Das Kind sollte «die Welt retten»

Nach der Festnahme gestand die 25-jährige Mutter den Mord an ihrem Kind. Die rund zehnköpfige Sekte sei von einem 36 Jahre alten Mann geführt worden, der sich «Antares de la luz» genannt habe, erzählte sie. Der Sektenchef - mit wirklichem Namen Gustavo Castillo Gaete – ist der Vater des ermordeten Babys. Seit Februar ist Castillo auf der Flucht. Die Polizei glaubt, dass er über die Grenze nach Peru geflohen ist.

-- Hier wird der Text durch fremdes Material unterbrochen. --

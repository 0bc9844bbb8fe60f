//! What a file's relocations depend on, and what they change.
ghost use Rattle.std.specs.Prelude.{◌≡◌, ◌+◌, ◌*◌, ◌^◌, ◌<◌, ◌≤◌, ◌&&◌, nat_lt, ℕ, List, Option, IfErr, IfOk, option_map};
ghost use Rattle.std.specs.List.{list_any};
ghost use Rattle.elf_model.specs.Image.{has_table, read_addresses};
ghost use Rattle.elf_model.specs.ImageChecks.{LoadedTable};
ghost use Rattle.elf_model.specs.LoaderScope.{tagged_row};
ghost use Rattle.elf_model.specs.Numbers.{DT_SYMTAB};
ghost use Rattle.elf_model.specs.Prelude.{has_bits};
ghost use Rattle.elf_model.specs.Traits.{has_text_relocations};
ghost use Rattle.elf_table.specs.Prelude.{CallDid, CallReads, HoldsProgramHeaders};
ghost use Rattle.elf_table.specs.Prelude.{IsOfCheck, fault_of_result};
ghost use Rattle.elf_hash.specs.Segments.{entries_asked};
ghost use Rattle.elf_hash.specs.Entries.{dynamic_entry_at};
ghost use Rattle.elf_image.specs.Located.{AreImageRows, AreImageTables, AreRowsAt, IsMapped};
ghost use Rattle.elf_image.specs.Located.{ChecksThen, image_entry_checks, loaded_addresses};
ghost use Rattle.elf_image.specs.Located.{located_checks_of, symbol_addresses};
ghost use Rattle.elf_image.specs.Relocated.{ReadsAfter, ReadsRelocations, SaysRelocations};
ghost use Rattle.elf_image.specs.Relocated.{entries_header};
ghost use Rattle.elf_image.specs.Relocated.{is_table_holder, is_holder};
ghost use Rattle.elf_image.specs.Within.{RelocationsWithin};

use crate::chunks::EntryChunks;
use crate::dynamic_rows::{ImageRows, image_rows, no_rows};
use crate::image_items::{CopyBytes, ImageItems};
use crate::place::{Place, holder};
use crate::ranges::{EntryRanges, entry_ranges};
use crate::tables::{ImageTables, MappedTable, image_tables, value_or};
use elf_hash::DynEntry;
use elf_record::Cause;
use elf_record::numbers::PT_DYNAMIC;
use elf_record::sizes::DYNAMIC_BYTES;
use elf_reloc::Patch;
use elf_source::{Counted, Source};
use elf_table::{ExecutionView, Fault, Table};

/// The bit of DT_FLAGS for text relocations (gABI 5, Dynamic Section).
const DF_TEXTREL: u64 = 4;

/// A file whose headers and tables are checked, with the items of its image.
#[derive(Clone, Copy)]
pub(crate) struct ImageFile<'v, 'a> {
    pub(crate) view: ExecutionView<'v>,
    pub(crate) items: &'a ImageItems<'a>,
    /// The load address.
    pub(crate) base: u64,
    /// Whether an entry that lacks an item changes nothing, and a symbol that another object may
    /// define lacks its item even if it is weak or defined here.
    pub(crate) leaves: bool,
    /// What its dynamic entries say.
    pub(crate) told: Relocations,
    /// At which addresses the entries of its first table store, as far as they are noted.
    pub(crate) chunks: EntryChunks,
}

/// What the dynamic entries of a file say of its relocations.
#[derive(Clone, Copy)]
pub(crate) struct Relocations {
    /// Whether segments that are not writable are relocated too.
    pub(crate) writes_text: bool,
    /// Relative relocations.
    pub(crate) compact: Table,
    /// Entries with addends.
    pub(crate) ranges: EntryRanges,
    /// The symbols, if there are any.
    pub(crate) symbols: Option<Table>,
    /// The address and the size of the dynamic entries.
    pub(crate) dynamic: (u64, u64),
    /// The segments that hold the first byte of a table.
    pub(crate) table_segments: TableSegments,
}

/// The segments that hold the first byte of each table that says how a file is relocated, and of
/// the symbols.
#[derive(Clone, Copy)]
pub(crate) struct TableSegments {
    pub(crate) compact: Option<u16>,
    pub(crate) addends: Option<u16>,
    pub(crate) calls: Option<u16>,
    pub(crate) symbols: Option<u16>,
}

/// The bytes that a relocation stores.
#[derive(Clone, Copy)]
pub(crate) enum RelocatedBytes<'a> {
    /// The word of 8 bytes that is there in the file, plus the base.
    Based,
    /// The bytes of a value.
    Value(Patch),
    /// Two words of 8 bytes.
    Pair(u64, u64),
    /// The bytes of a copied object.
    Copied(CopyBytes<'a>),
}

/// What a relocation changes: its place, the number of bytes there that it may change, and the
/// bytes that it stores from the place on.
#[derive(Clone, Copy)]
pub(crate) struct PlacedBytes<'a> {
    pub(crate) place: Place,
    pub(crate) width: u64,
    pub(crate) bytes: RelocatedBytes<'a>,
}

/// The result for an entry.
#[derive(Clone, Copy)]
pub(crate) enum EntryResult<'a> {
    /// It changes nothing.
    Nothing,
    /// It stores bytes.
    Stores(PlacedBytes<'a>),
    /// It lacks an item.
    Lacks(Cause),
}

impl TableSegments {
    /// Returns `true` if a segment is one of them.
    pub(crate) fn contains(&self, segment: u16) -> bool
        ensures { result ≡ is_table_holder self.now segment }
    {
        is_holder(self.compact, segment)
            || is_holder(self.addends, segment)
            || is_holder(self.calls, segment)
            || is_holder(self.symbols, segment)
    }
}

/// Returns `true` if a segment is the one that holds something, if one does.
fn is_holder(holder: Option<u16>, segment: u16) -> bool
    ensures { result ≡ is_holder holder segment }
{
    match holder {
        Some(holder) => holder == segment,
        None => false,
    }
}

impl Relocations {
    /// Returns `true` if `width` bytes at an address meet the dynamic entries.
    pub(crate) fn meets_dynamic(&self, address: u64, width: u64) -> bool
        ensures { result ≡ (nat_lt address (self.now.dynamic.0 + self.now.dynamic.1)
            && nat_lt self.now.dynamic.0 (address + width)) }
    {
        let (dynamic, size) = self.dynamic;
        u128::from(address) < u128::from(dynamic) + u128::from(size)
            && u128::from(dynamic) < u128::from(address) + u128::from(width)
    }
}

/// Reads the dynamic entries of the first DYNAMIC program header, checks the tables that they
/// locate, and returns what they say. The file's headers are checked.
///
/// # Errors
/// Returns the first check that fails: those of [`ExecutionView::dynamic`], of [`image_rows`], of
/// [`image_tables`] and of [`entry_ranges`]. Otherwise returns a fault of a read, or the refusal
/// `Budget`, at a dynamic entry's offset.
pub(crate) fn told_relocations<S: Source>(
    src: &mut Counted<S>,
    view: &ExecutionView<'_>,
) -> Result<Relocations, Fault>
    requires size { view.now.loaded.size ≡ src.old.seen.size }
    ensures did { CallDid src.old src.new (fault_of_result result) src.old.seen.size (λ file.
        HoldsProgramHeaders file view.now.loaded view.now.store.now →
        CallReads src.old src.new (fault_of_result result) (entries_asked file)
        × ReadsRelocations file result) }
    ensures within { IfOk result (RelocationsWithin src.old.seen.size) }
{
    let found = dynamic_entries(src, view)?;
    relocations_by(view, &found.0, found.1)
}

/// Returns what dynamic entries, which are at an address, say of a file's relocations. No bytes are
/// read.
///
/// # Errors
/// Returns the first check that fails: those of [`image_tables`] and of [`entry_ranges`].
fn relocations_by(
    view: &ExecutionView<'_>,
    rows: &ImageRows,
    address: u64,
) -> Result<Relocations, Fault>
    requires { rows.now.count < 2 ^ 60 }
    ensures within { IfOk result (RelocationsWithin view.now.loaded.size) }
    ensures refusal { IfErr result IsOfCheck }
    ensures told { (file : List ℕ) → HoldsProgramHeaders file view.now.loaded view.now.store.now →
        AreRowsAt file (rows.now, address) → ChecksThen (located_checks_of file)
        (SaysRelocations file (entries_header file)) result }
{
    let tables = image_tables(view, rows)?;
    let ranges = entry_ranges(&tables, rows)?;
    let table_segments = table_segments(view, &tables, rows.symbols);
    Ok(Relocations {
        writes_text: has_text_relocations(rows),
        compact: tables.compact.rows,
        ranges,
        symbols: tables.symbols,
        dynamic: (address, DYNAMIC_BYTES * rows.count),
        table_segments,
    })
}

/// Returns the dynamic entries of the first DYNAMIC program header that say how the file is
/// relocated, and the segment's address; none if there is no such header.
fn dynamic_entries<S: Source>(
    src: &mut Counted<S>,
    view: &ExecutionView<'_>,
) -> Result<(ImageRows, u64), Fault>
    requires size { view.now.loaded.size ≡ src.old.seen.size }
    ensures did { CallDid src.old src.new (fault_of_result result) src.old.seen.size (λ file.
        HoldsProgramHeaders file view.now.loaded view.now.store.now →
        CallReads src.old src.new (fault_of_result result) (entries_asked file)
        × ReadsAfter (image_entry_checks file) (AreRowsAt file) result) }
    ensures few { IfOk result (λ found. found.0.count < 2 ^ 60) }
{
    let Some(segment) = view.first_segment(PT_DYNAMIC) else {
        return Ok((no_rows(), 0));
    };
    let table = view.dynamic(segment)?;
    let rows = image_rows(src, table)?;
    Ok((rows, view.segment(segment).p_vaddr))
}

/// Returns `true` if the file has text relocations: by DT_TEXTREL, or by the flag of DT_FLAGS (gABI
/// 5, Dynamic Section).
fn has_text_relocations(rows: &ImageRows) -> bool
    ensures { (file : List ℕ) → AreImageRows file (entries_header file) rows.now →
        result ≡ has_text_relocations file }
{
    rows.text.is_some() || has_text_flag(value_or(rows.flags, 0))
}

/// Returns `true` if DT_FLAGS has the flag of text relocations.
fn has_text_flag(flags: u64) -> bool
    ensures { result ≡ has_bits flags 4 }
{
    flags & DF_TEXTREL == DF_TEXTREL
}

/// Returns the segments that hold the first byte of a table with rows, or of the symbols.
fn table_segments(
    view: &ExecutionView<'_>,
    tables: &ImageTables,
    symbols: Option<DynEntry>,
) -> TableSegments
    ensures { (file : List ℕ) (at segment : ℕ) →
        HoldsProgramHeaders file view.now.loaded view.now.store.now →
        AreImageTables file at tables.now →
        symbols ≡ option_map (dynamic_entry_at file) (tagged_row file at DT_SYMTAB) →
        is_table_holder result segment
        ≡ list_any (has_table file segment) (read_addresses file at) }
{
    TableSegments {
        compact: table_segment(view, &tables.compact),
        addends: table_segment(view, &tables.addends),
        calls: table_segment(view, &tables.calls),
        symbols: row_segment(view, symbols),
    }
}

/// Returns the segment that holds the byte at the address of a dynamic entry, if there is one.
fn row_segment(view: &ExecutionView<'_>, row: Option<DynEntry>) -> Option<u16>
    ensures { (file : List ℕ) (at segment : ℕ) →
        HoldsProgramHeaders file view.now.loaded view.now.store.now →
        row ≡ option_map (dynamic_entry_at file) (tagged_row file at DT_SYMTAB) →
        is_holder result segment ≡ list_any (has_table file segment) (symbol_addresses file at) }
{
    let row = row?;
    holder(view, row.value, 1)
}

/// Returns the segment that holds the first byte of a table, if that has rows.
fn table_segment(view: &ExecutionView<'_>, table: &MappedTable) -> Option<u16>
    ensures { (file : List ℕ) (loaded : Option LoadedTable) (width segment : ℕ) →
        HoldsProgramHeaders file view.now.loaded view.now.store.now →
        IsMapped loaded width table.now → is_holder result segment
        ≡ list_any (has_table file segment) (loaded_addresses loaded) }
{
    if table.rows.is_empty() {
        return None;
    }
    holder(view, table.address, 1)
}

Die anderen vier Frauen der Sekte gaben an, ebenfalls sexuellen Kontakt mit ihrem Leader gehabt zu haben. Als die Mutter des Säuglings schwanger wurde, habe Castillo sie in ein Zimmer gesperrt. Dort sei sie bis zur Geburt gefangen gehalten worden. Castillo habe ihr mehrmals erklärt, dass sie ihr Kind opfern müsse, «um die Welt zu retten». «Antares de la luz» glaubte fest, dass der Weltuntergang nach dem Maya-Kalender am 21. Dezember kommen würde.

Die Sektenrituale wurden oft unter Einfluss von «ayahuasca» durchgeführt, einem amazonischen Pflanzengetränk, das psychedelisch wirkt und Halluzinationen hervorruft.